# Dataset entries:

********

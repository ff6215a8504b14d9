//! What the decisions of a service can give, and the service itself, for inputs within their domains.
ghost use Rattle.std.specs.Prelude.{◌≡◌, ◌<◌, ℕ, IfOk, OnOk, List, length, true, slice_set, unwrap_or};
ghost use Rattle.std.specs.List.{All, slice_get, zip};
ghost use Rattle.feel_text.specs.Expr.{Expr as ExprData};
ghost use Rattle.feel_value.specs.Datum.{Datum};
ghost use Rattle.dmn_form.specs.Model.{Model, Service};
ghost use Rattle.dmn_service.specs.Decision.{parameters_of, service_result};
ghost use Rattle.dmn_service.specs.Places.{name_at};
ghost use Rattle.dmn_service.specs.Plan.{HasPlacesWithin, IsPlanOf};
ghost use Rattle.dmn_service.specs.Run.{nothing_found, filled_by, given_at};
ghost use Rattle.dmn_table.specs.Table.{Table as TableData};
ghost use Rattle.dmn_ranges.specs.Ranges.{AreWithin, covers};
ghost use Rattle.dmn_ranges.specs.Decisions.{AreRangesOf};
ghost use Rattle.dmn_ranges.specs.Names.{members_if};
ghost use Rattle.dmn_ranges.specs.Services.{Tells, told_at as told_at_of, not_found as nothing_told, needs_scope, needs_limit, outputs_outcomes as outputs_outcomes_of, domain_at as domain_at_of, given_told, given_known, members_given, views, TellsFilled, TellsItem};

use crate::boxed::box_outcomes;
use crate::names::Names;
use crate::outcomes::Outcomes;
use crate::range::{ParameterRange, Range};
use crate::rule::some_context;
use dmn_service::{Item, ServicePlan};
use std::alloc::{AllocError, Global};

/// What a decision service can give, where the values of its parameters lie in these domains.
///
/// For every request with such values the result lies in the range that is answered; and where a limit is broken, the answer says
/// that it can be. The analysis of all tables takes at most so many steps; what they don't suffice for is told as without it.
pub fn range_of_service(
    alloc: Global,
    items: &[Item],
    service: &ServicePlan,
    domains: &[ParameterRange],
    steps: u64,
) -> Result<Outcomes, AllocError>
    requires places { HasPlacesWithin items.now service.now }
    requires domains { length domains.now ≡ length service.now.parameters.items }
    ensures { IfOk result (λ o. (m : Model ExprData TableData) (s : Service) (values : List Datum) → IsPlanOf m s items.now service.now → AreWithin domains.now values → covers o (service_result m s (zip (parameters_of s) values)) ≡ true) }
{
    let along = ranges_along(alloc, items, service, domains, steps)?;
    Ok(outputs_outcomes(&service.outputs, &along.told))
}

/// What the decisions of a service can give, each at its place, where the values of its parameters lie in these domains.
///
/// For every request with such values the outcome of each decision that the service needs is among what is answered at its place;
/// of other places nothing is said. The analysis of all tables takes at most so many steps.
pub fn ranges_of_decisions(
    alloc: Global,
    items: &[Item],
    service: &ServicePlan,
    domains: &[ParameterRange],
    steps: u64,
) -> Result<Vec<Outcomes>, AllocError>
    requires places { HasPlacesWithin items.now service.now }
    requires domains { length domains.now ≡ length service.now.parameters.items }
    ensures { IfOk result (λ told. AreRangesOf items.now service.now domains.now told.items) }
{
    let along = ranges_along(alloc, items, service, domains, steps)?;
    Ok(along.told)
}

/// What a service and its decisions can give.
#[derive(Drop)]
pub struct ServiceRanges {
    /// At the place of each decision that the service needs what it can give. Other places say nothing.
    pub decisions: Vec<Outcomes>,
    /// What the service can give.
    pub result: Outcomes,
}

/// What a service and its decisions can give, where the values of its parameters lie in these domains. The analysis of all tables takes
/// at most so many steps.
pub fn ranges_of_service(
    alloc: Global,
    items: &[Item],
    service: &ServicePlan,
    domains: &[ParameterRange],
    steps: u64,
) -> Result<ServiceRanges, AllocError>
    requires places { HasPlacesWithin items.now service.now }
    requires domains { length domains.now ≡ length service.now.parameters.items }
    ensures decisions { IfOk result (λ r. AreRangesOf items.now service.now domains.now r.decisions.items) }
    ensures result { IfOk result (λ r. (m : Model ExprData TableData) (s : Service) (values : List Datum) → IsPlanOf m s items.now service.now → AreWithin domains.now values → covers r.result (service_result m s (zip (parameters_of s) values)) ≡ true) }
{
    let along = ranges_along(alloc, items, service, domains, steps)?;
    let result = outputs_outcomes(&service.outputs, &along.told);
    Ok(ServiceRanges {
        decisions: along.told,
        result,
    })
}

/// What is told of places.
#[derive(Drop)]
pub(crate) struct Along<'a> {
    /// What each can give.
    pub(crate) told: Vec<Outcomes>,
    /// The parameter at each place, if there is one.
    pub(crate) known: Vec<Option<&'a ParameterRange>>,
}

/// What the parameters and the decisions of a service can give, each at its place, where the values of its parameters lie in these
/// domains.
pub(crate) fn ranges_along<'a>(
    alloc: Global,
    items: &[Item],
    service: &ServicePlan,
    domains: &'a [ParameterRange],
    steps: u64,
) -> Result<Along<'a>, AllocError>
    requires places { HasPlacesWithin items.now service.now }
    requires domains { length domains.now ≡ length service.now.parameters.items }
    ensures told { IfOk result (λ r. (values : List Datum) → AreWithin domains.now values → Tells (r.told.items, views r.known.items) (filled_by items.now service.now.order.items (given_at service.now.parameters.items values nothing_found))) }
    ensures count { IfOk result (λ r. length r.told.items ≡ length items.now) }
{
    let mut told = nothing(alloc, items.len())?;
    let mut known = none_known(alloc, items.len())?;
    give(&service.parameters, domains, &mut told);
    give_members(&service.parameters, domains, &mut known);
    let mut rest = steps;
    fill(
        alloc,
        items,
        &service.order,
        &mut told,
        &mut known,
        &mut rest,
    )?;
    Ok(Along { told, known })
}

fn not_found() -> Outcomes
    ensures { result ≡ nothing_told }
{
    Outcomes {
        range: Range::nothing(),
        limit: true,
    }
}

// Nothing told of so many places.
fn nothing(alloc: Global, places: usize) -> Result<Vec<Outcomes>, AllocError>
    ensures count { IfOk result (λ told. length told.items ≡ places) }
    ensures nothing { IfOk result (λ told. (q : ℕ) → told_at_of told.items q ≡ nothing_told) }
{
    let mut told = Vec::with_capacity(alloc, places)?;
    for _ in 0..places {
        told.push(not_found())?;
    }
    Ok(told)
}

// No parameter known at so many places.
fn none_known<'a>(
    alloc: Global,
    places: usize,
) -> Result<Vec<Option<&'a ParameterRange>>, AllocError>
    ensures { IfOk result (λ known. length known.items ≡ places) }
{
    let mut known = Vec::with_capacity(alloc, places)?;
    for _ in 0..places {
        known.push(None)?;
    }
    Ok(known)
}

// Tells this of a place.
fn keep(told: &mut Vec<Outcomes>, place: usize, outcomes: Outcomes)
    requires { place < length told.old.items }
    ensures kept { told.new.items ≡ slice_set told.old.items place outcomes }
    ensures count { length told.new.items ≡ length told.old.items }
{
    told[place] = outcomes;
}

// Knows this of the members at a place.
fn know<'a>(
    known: &mut Vec<Option<&'a ParameterRange>>,
    place: usize,
    parameter: Option<&'a ParameterRange>,
)
    requires { place < length known.old.items }
    ensures known { known.new.items ≡ slice_set known.old.items place parameter.entry }
    ensures count { length known.new.items ≡ length known.old.items }
{
    known[place] = parameter;
}

// The domain of a parameter.
fn domain_at(domains: &[ParameterRange], place: usize) -> Outcomes
    ensures { result ≡ domain_at_of domains.now place }
{
    match domains.get(place) {
        Some(domain) => Outcomes::given(domain.range),
        None => not_found(),
    }
}

// What is known of a parameter.
fn parameter_given<'a>(domains: &'a [ParameterRange], place: usize) -> Option<&'a ParameterRange>
    ensures { members_if result ≡ members_given (slice_get domains.now place) }
{
    match domains.get(place) {
        Some(domain) => Some(domain),
        None => None,
    }
}

// Tells of each parameter its domain.
fn give(parameters: &[usize], domains: &[ParameterRange], told: &mut Vec<Outcomes>)
    requires { All (λ q. q < length told.old.items) parameters.now }
    ensures given { told.new.items ≡ given_told domains.now 0 parameters.now told.old.items }
    ensures count { length told.new.items ≡ length told.old.items }
{
    for (i, place) in parameters.iter().enumerate() {
        keep(told, *place, domain_at(domains, i));
    }
}

// Knows of the members of each parameter what its domain says.
fn give_members<'a>(
    parameters: &[usize],
    domains: &'a [ParameterRange],
    known: &mut Vec<Option<&'a ParameterRange>>,
)
    requires { All (λ q. q < length known.old.items) parameters.now }
    ensures given { views known.new.items ≡ given_known domains.now 0 parameters.now (views known.old.items) }
    ensures count { length known.new.items ≡ length known.old.items }
{
    for (i, place) in parameters.iter().enumerate() {
        know(known, *place, parameter_given(domains, i));
    }
}

// Tells of the items at these places, one after another, each from what was told before it.
fn fill(
    alloc: Global,
    items: &[Item],
    order: &[usize],
    told: &mut Vec<Outcomes>,
    known: &mut Vec<Option<&ParameterRange>>,
    steps: &mut u64,
) -> Result<(), AllocError>
    requires order { All (λ q. q < length items.now) order.now }
    requires needs { All (λ x. All (λ q. q < length items.now) x.needs.items) items.now }
    requires count { length told.old.items ≡ length items.now }
    requires known { length known.old.items ≡ length items.now }
    ensures filled { OnOk result (TellsFilled items.now order.now (told.old.items, views known.old.items) (told.new.items, views known.new.items)) }
    ensures count { OnOk result (length told.new.items ≡ length told.old.items) }
{
    for place in order {
        let outcomes = item_outcomes(alloc, items, &items[*place], told, known, steps)?;
        keep(told, *place, outcomes);
        know(known, *place, None);
    }
    Ok(())
}

/// What is told of a place; of a place of which nothing is told that a limit is broken, and no value given.
pub fn told_at(told: &[Outcomes], place: usize) -> Outcomes
    ensures { result ≡ told_at_of told.now place }
{
    match told.get(place) {
        Some(outcomes) => *outcomes,
        None => not_found(),
    }
}

// The names that are needed, with what was told of their places.
pub(crate) fn needed<'a>(
    alloc: Global,
    items: &[Item],
    needs: &[usize],
    told: &[Outcomes],
    known: &[Option<&'a ParameterRange>],
) -> Result<Names<'a>, AllocError>
    requires { All (λ q. q < length items.now) needs.now }
    ensures { IfOk result (λ names. names ≡ needs_scope (name_at items.now) (told.now, views known.now) needs.now) }
{
    let mut names = Names::new(alloc);
    for place in needs {
        let outcomes = told_at(told, *place);
        let parameter = parameter_at(known, *place);
        names.bind(
            alloc,
            items[*place].name.as_str(),
            outcomes.range,
            parameter,
        )?;
    }
    Ok(names)
}

// The parameter at a place, if there is one.
fn parameter_at<'a>(
    known: &[Option<&'a ParameterRange>],
    place: usize,
) -> Option<&'a ParameterRange>
    ensures { result ≡ unwrap_or (slice_get known.now place) None }
{
    match known.get(place) {
        Some(parameter) => *parameter,
        None => None,
    }
}

// Whether a limit can be broken at one of these places.
fn can_break(needs: &[usize], told: &[Outcomes]) -> bool
    ensures { result ≡ needs_limit told.now needs.now }
{
    needs.iter().any(|place| told_at(told, *place).limit)
}

// What a decision's logic can give, from what was told of its needs; null for an input.
fn item_outcomes(
    alloc: Global,
    items: &[Item],
    item: &Item,
    told: &[Outcomes],
    known: &[Option<&ParameterRange>],
    steps: &mut u64,
) -> Result<Outcomes, AllocError>
    requires { All (λ q. q < length items.now) item.now.needs.items }
    ensures { IfOk result (TellsItem items.now (told.now, views known.now) item.now) }
{
    let Some(logic) = &item.logic else {
        return Ok(Outcomes::given(Range::null()));
    };
    let mut names = needed(alloc, items, &item.needs, told, known)?;
    let outcomes = box_outcomes(alloc, logic, &mut names, steps)?;
    Ok(outcomes.limited(can_break(&item.needs, told)))
}

// The value of the one output, or the context of all.
fn outputs_outcomes(outputs: &[usize], told: &[Outcomes]) -> Outcomes
    ensures { result ≡ outputs_outcomes_of told.now outputs.now }
{
    let Some((first, others)) = outputs.split_first() else {
        return some_context();
    };
    match others.split_first() {
        Some(_) => some_context(),
        None => told_at(told, *first),
    }
}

********

# WHAT YOU WILL DO:
Scanning the data above, copy out every line where "this" is found.

# FINAL ANSWER:
// Tells this of a place.
// Knows this of the members at a place.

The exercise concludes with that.